Material supplied

.....

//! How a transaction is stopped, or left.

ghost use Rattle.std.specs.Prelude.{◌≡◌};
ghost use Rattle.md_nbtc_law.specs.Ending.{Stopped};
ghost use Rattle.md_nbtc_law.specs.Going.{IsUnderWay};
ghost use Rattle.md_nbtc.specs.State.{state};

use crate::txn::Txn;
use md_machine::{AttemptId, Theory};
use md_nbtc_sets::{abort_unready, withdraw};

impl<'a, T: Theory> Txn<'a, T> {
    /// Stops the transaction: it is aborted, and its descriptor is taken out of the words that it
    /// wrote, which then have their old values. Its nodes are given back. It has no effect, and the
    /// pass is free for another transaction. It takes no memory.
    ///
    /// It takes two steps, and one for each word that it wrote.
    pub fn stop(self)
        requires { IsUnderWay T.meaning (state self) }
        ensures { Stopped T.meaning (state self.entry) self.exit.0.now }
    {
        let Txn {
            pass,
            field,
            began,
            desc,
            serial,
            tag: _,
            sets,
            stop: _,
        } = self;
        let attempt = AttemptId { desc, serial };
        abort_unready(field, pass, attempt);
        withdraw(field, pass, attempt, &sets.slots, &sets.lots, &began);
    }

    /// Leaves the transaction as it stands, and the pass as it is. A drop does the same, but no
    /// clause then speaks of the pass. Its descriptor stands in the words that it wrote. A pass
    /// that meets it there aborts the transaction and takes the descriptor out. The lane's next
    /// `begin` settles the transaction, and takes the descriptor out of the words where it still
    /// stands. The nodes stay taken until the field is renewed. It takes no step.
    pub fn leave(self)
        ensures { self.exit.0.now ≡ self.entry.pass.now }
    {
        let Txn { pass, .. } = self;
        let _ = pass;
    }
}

.....

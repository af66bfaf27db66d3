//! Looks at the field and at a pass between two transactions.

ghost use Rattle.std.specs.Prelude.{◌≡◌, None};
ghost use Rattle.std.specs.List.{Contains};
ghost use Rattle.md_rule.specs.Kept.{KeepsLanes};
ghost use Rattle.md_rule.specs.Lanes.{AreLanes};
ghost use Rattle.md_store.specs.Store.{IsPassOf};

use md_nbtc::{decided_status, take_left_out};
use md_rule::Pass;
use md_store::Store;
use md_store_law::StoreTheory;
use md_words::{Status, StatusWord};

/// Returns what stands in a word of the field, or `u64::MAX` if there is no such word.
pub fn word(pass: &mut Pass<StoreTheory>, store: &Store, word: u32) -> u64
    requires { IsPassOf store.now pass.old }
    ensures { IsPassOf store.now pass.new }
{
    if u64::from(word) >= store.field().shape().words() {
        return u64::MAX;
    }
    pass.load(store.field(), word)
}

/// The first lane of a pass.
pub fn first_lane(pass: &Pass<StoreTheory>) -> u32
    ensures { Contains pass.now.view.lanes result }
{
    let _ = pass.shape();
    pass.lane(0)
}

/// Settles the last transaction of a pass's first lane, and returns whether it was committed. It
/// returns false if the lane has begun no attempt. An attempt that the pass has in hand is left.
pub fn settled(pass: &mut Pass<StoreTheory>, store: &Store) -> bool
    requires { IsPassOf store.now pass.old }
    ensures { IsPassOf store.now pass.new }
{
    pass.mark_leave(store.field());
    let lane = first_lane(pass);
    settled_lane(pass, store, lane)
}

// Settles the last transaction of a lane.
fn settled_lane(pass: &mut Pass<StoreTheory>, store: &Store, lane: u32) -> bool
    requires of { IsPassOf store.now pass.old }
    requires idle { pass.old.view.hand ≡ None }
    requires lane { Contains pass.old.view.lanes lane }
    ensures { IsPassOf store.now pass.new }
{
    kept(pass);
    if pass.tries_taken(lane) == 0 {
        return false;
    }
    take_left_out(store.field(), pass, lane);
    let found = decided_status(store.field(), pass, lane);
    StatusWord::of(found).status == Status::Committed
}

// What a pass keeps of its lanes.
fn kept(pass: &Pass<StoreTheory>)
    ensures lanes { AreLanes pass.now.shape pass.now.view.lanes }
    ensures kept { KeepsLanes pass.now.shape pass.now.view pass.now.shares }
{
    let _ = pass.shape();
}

.....

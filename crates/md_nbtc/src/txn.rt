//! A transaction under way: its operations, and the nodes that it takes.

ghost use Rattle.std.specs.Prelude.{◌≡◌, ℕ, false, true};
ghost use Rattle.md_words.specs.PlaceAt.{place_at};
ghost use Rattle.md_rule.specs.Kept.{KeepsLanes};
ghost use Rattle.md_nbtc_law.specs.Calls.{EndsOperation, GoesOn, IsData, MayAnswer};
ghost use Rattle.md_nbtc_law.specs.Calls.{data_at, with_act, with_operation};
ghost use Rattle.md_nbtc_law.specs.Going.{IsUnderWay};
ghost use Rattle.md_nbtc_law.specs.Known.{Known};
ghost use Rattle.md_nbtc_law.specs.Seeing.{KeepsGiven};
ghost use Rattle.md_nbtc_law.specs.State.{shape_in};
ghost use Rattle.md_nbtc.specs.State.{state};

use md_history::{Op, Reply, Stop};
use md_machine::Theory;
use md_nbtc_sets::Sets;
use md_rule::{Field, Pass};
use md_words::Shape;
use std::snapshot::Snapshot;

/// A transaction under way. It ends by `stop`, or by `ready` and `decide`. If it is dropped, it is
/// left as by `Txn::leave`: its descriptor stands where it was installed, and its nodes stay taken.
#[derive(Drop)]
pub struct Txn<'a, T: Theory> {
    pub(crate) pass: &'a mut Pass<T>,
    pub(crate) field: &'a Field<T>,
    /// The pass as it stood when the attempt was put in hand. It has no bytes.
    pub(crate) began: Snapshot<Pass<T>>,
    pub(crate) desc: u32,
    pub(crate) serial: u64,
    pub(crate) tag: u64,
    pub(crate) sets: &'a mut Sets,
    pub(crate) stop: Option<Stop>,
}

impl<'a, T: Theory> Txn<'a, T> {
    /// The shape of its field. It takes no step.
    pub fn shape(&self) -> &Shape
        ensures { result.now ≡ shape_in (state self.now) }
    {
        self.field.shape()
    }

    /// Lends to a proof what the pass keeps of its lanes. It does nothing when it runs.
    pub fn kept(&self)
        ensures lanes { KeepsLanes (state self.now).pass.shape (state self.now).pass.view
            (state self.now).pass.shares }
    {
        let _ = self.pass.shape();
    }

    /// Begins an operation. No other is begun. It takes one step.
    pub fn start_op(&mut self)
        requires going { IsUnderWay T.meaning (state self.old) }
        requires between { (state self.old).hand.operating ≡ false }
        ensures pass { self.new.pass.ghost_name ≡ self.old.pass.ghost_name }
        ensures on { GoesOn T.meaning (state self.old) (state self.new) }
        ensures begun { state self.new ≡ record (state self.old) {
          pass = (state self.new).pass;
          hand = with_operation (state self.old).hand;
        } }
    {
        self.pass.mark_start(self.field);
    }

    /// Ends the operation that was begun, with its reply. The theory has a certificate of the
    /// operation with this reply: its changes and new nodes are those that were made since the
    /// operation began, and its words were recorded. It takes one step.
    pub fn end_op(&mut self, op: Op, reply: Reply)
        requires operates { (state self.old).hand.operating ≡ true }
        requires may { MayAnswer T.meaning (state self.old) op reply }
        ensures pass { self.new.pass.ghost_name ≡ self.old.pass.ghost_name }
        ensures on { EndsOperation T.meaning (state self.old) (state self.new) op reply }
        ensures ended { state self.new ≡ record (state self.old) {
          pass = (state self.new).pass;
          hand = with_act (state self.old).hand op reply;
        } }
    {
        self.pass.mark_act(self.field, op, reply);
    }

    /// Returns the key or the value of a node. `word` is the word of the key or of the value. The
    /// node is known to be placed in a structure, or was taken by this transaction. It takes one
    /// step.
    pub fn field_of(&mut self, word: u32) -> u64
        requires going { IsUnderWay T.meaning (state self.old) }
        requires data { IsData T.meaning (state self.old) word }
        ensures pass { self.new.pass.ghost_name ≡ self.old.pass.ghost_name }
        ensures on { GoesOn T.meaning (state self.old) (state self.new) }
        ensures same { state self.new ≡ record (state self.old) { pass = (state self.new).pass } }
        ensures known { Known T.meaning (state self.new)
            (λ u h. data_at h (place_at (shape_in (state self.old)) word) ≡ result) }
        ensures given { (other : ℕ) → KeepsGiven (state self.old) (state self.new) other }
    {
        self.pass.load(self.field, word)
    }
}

.....

Requirement
Above are the records. Copy the lines beginning at the one that has "let attempt = AttemptId" and ending with the one that has "where it still", unchanged.

Answer area
        let attempt = AttemptId { desc, serial };
        abort_unready(field, pass, attempt);
        withdraw(field, pass, attempt, &sets.slots, &sets.lots, &began);
    }

    /// Leaves the transaction as it stands, and the pass as it is. A drop does the same, but no
    /// clause then speaks of the pass. Its descriptor stands in the words that it wrote. A pass
    /// that meets it there aborts the transaction and takes the descriptor out. The lane's next
    /// `begin` settles the transaction, and takes the descriptor out of the words where it still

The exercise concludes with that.